War auch net ihr Ziel, sondern zu zeigen welche Organismen die Quellen für Fäkalbelastungen der Donau sind.

Aber die erste Grafik und die Erklärungen dazu zeigen doch, dass die Donau bis auf Kelheim in Deutschland bis Wien sowohl im Strom als auch am Ufer tendenziell eher sauber ist?
Das sagen auch die Verfasser der Studie im Interview.
Gut, im Prinzip sagen sie, in der Schifffahrtsrinne in Wien werden Fäkalien sein. Ob sie bei den Bädern auch sein werden, sei mal dahingestellt. Spätestens im April, Mai kommen eh die ersten Messungen, davor ist das Wasser eh kühl und sie reden auch in den Artikeln eher von einer Gefahr in der warmen Jahreszeit.
Mit dem Badeverbot stützt sich oe24 auch auf die Aussage des Politikers Toni Mahdalik: "Die Überprüfung der Wasserqualität muss ab sofort intensiviert werden. Die Fäkalgefahr ist evident und gesundheitsgefährdend. Es droht ein Badeverbot für Donau, Alte Donau und Entlastungsgerinne in der warmen Jahreszeit. Das wäre eine Katastrophe für die Erholungssuchenden und vor allem die Freizeitbetriebe."
Woher er die Messergebnisse nimmt, ist unbekannt.
Vielleicht das nächste Mal keinen Fussballer zur Interpretation mikrobiologischer Studien befragen.

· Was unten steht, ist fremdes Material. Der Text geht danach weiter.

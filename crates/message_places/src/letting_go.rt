// Messages that were given their new numbers are held no longer.
ghost use Rattle.std.specs.Prelude.{◌≡◌};
ghost use Rattle.file_plans.specs.Plan.{Hand};
ghost use Rattle.file_plans.specs.Follows.{Follows, by_hand};
ghost use Rattle.step_plans.specs.Locking.{removed};
ghost use Rattle.step_plans.specs.PlanFaults.{plan_cause};
ghost use Rattle.held_messages.specs.Settle.{synced_at};
ghost use Rattle.message_places.specs.Arranging.{all_dropped, aside_name, dropped_for_good, dropped_safely, let_go_after};

use crate::giving::name_aside;
use crate::moves::Move;
use folder_files::{Files, Place};
use mh_base::{Entry, MsgNum, entry_name};
use std::alloc::Global;
use step_plans::{PlanFault, sync, unlink};

fn sync_at<F: Files>(
    alloc: Global,
    run: u128,
    files: &mut F,
    place: &Place,
    number: MsgNum,
) -> Result<(), PlanFault>
    ensures { (h : Hand)
        → Follows run plan_cause (synced_at place.now number) (by_hand h (F.state files.old))
        (by_hand h (F.state files.new)) result }
{
    let name = entry_name(alloc, &Entry::Number(number))?;
    sync(alloc, run, files, place, &name)
}

/// The held name of one goes.
fn drop_one<F: Files>(
    alloc: Global,
    run: u128,
    files: &mut F,
    place: &Place,
    one: &Move,
) -> Result<(), PlanFault>
    ensures { (h : Hand)
        → Follows run plan_cause (removed place.now (aside_name run one.now.from)) (by_hand h (F.state files.old))
        (by_hand h (F.state files.new)) result }
{
    let held = name_aside(alloc, run, one.from)?;
    unlink(alloc, run, files, place, &held)
}

/// The held names of these go, one after another.
fn drop_all<F: Files>(
    alloc: Global,
    run: u128,
    files: &mut F,
    place: &Place,
    moves: &[Move],
) -> Result<(), PlanFault>
    ensures { (h : Hand)
        → Follows run plan_cause (all_dropped run place.now moves.now) (by_hand h (F.state files.old))
        (by_hand h (F.state files.new)) result }
{
    for one in moves {
        drop_one(alloc, run, files, place, one)?;
    }
    Ok(())
}

/// The held names go, and that they are gone is made safe.
fn drop_for_good<F: Files>(
    alloc: Global,
    run: u128,
    files: &mut F,
    place: &Place,
    moves: &[Move],
    number: MsgNum,
) -> Result<(), PlanFault>
    ensures { (h : Hand)
        → Follows run plan_cause (dropped_for_good run place.now moves.now number) (by_hand h (F.state files.old))
        (by_hand h (F.state files.new)) result }
{
    drop_all(alloc, run, files, place, moves)?;
    sync_at(alloc, run, files, place, number)
}

/// The new numbers are made safe before the held names go.
fn drop_safely<F: Files>(
    alloc: Global,
    run: u128,
    files: &mut F,
    place: &Place,
    moves: &[Move],
    number: MsgNum,
) -> Result<(), PlanFault>
    ensures { (h : Hand)
        → Follows run plan_cause (dropped_safely run place.now moves.now number) (by_hand h (F.state files.old))
        (by_hand h (F.state files.new)) result }
{
    sync_at(alloc, run, files, place, number)?;
    drop_for_good(alloc, run, files, place, moves, number)
}

/// Messages that were given these numbers are held no longer; where none was given one nothing is to be done.
pub(crate) fn let_go<F: Files>(
    alloc: Global,
    run: u128,
    files: &mut F,
    place: &Place,
    moves: &[Move],
    ends: &[MsgNum],
) -> Result<(), PlanFault>
    ensures { (h : Hand)
        → Follows run plan_cause (let_go_after run place.now moves.now ends.now) (by_hand h (F.state files.old))
        (by_hand h (F.state files.new)) result }
{
    match ends.last() {
        Some(number) => drop_safely(alloc, run, files, place, moves, *number),
        None => Ok(()),
    }
}
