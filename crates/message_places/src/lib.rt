//! Messages of one folder that change places: all are held aside, each is given its new number, and only then are they
//! let go.
#![tactic(auto)]

mod arranging;
mod giving;
mod letting_go;
mod moves;
mod taking;

pub use arranging::arrange;
pub use moves::Move;
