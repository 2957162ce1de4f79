// A message that changes its place.
use mh_base::MsgNum;

/// A message that is to get another number: the number that it has, and the one that is meant for it, its slot.
#[derive(Clone, Copy, Debug, PartialEq, Eq)]
pub struct Move {
    pub from: MsgNum,
    pub slot: MsgNum,
}
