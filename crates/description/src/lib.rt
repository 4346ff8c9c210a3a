// Description::new of base.rs: the blocks that are not the default. Each public call judges its input first, and a refusal changes nothing.
#![tactic(auto)]

mod base;
pub mod binary;
pub mod multicolor;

Da ich jetzt nach 2 stündiger Suche noch auf keine aktuellen Messdaten gestoßen bin, neige ich dazu das ganze als Falschmeldung der österreichische Tageszeitung zu klassifizieren, da sie sich auf eine Aussage zu stützen scheinen, die die Person, die sie gemacht hat mit der angegebenen Quelle nicht belegen kann und sie sich selbst anscheinen netmal die Mühe gemacht haben, die Studie zu lesen. Trotzdem bringen sie es als Fakt "Der Donau droht ein Badeverbot".
 
Zuletzt bearbeitet:
Da ich jetzt nach 2 stündiger Suche noch auf keine aktuellen Messdaten gestoßen bin, neige ich dazu das ganze als Falschmeldung der österreichische Tageszeitung zu klassifizieren, da sie sich auf eine Aussage zu stützen scheinen, die die Person, die sie gemacht hat mit der angegebenen Quelle nicht belegen kann und sie sich selbst anscheinen netmal die Mühe gemacht haben, die Studie zu lesen.

Dass ein Österreich-Bericht über die Aussage eines FPÖlers nicht ganz nachvollziehbar ist, überrascht mich jetzt doch sehr :shock: San des net de Guadn?
 
Dass ein Österreich-Bericht über die Aussage eines FPÖlers nicht ganz nachvollziehbar ist, überrascht mich jetzt doch sehr :shock: San des net de Guadn?
Keine Ahnung, dafür gibts einen Politikbereich.
Apolitisch sehe ich hier den Hirntot mindestens zweier Politker und eines Journalisten, der die Geschichte rausgebracht hat, ohne sie zu überprüfen.
 
Im Gegensatz zu lieben Albin hab ich kein Problem damit einen Fehler einzugestehen. Meine Einschätzung der Lage war falsch, deshalb gebe ich ihm Recht. Aber vielleicht kann er mir ja jetzt Belege liefern, auf deren Grundlage er in einenem anderen Thread mutmaßte ich wäre nicht ganz dicht.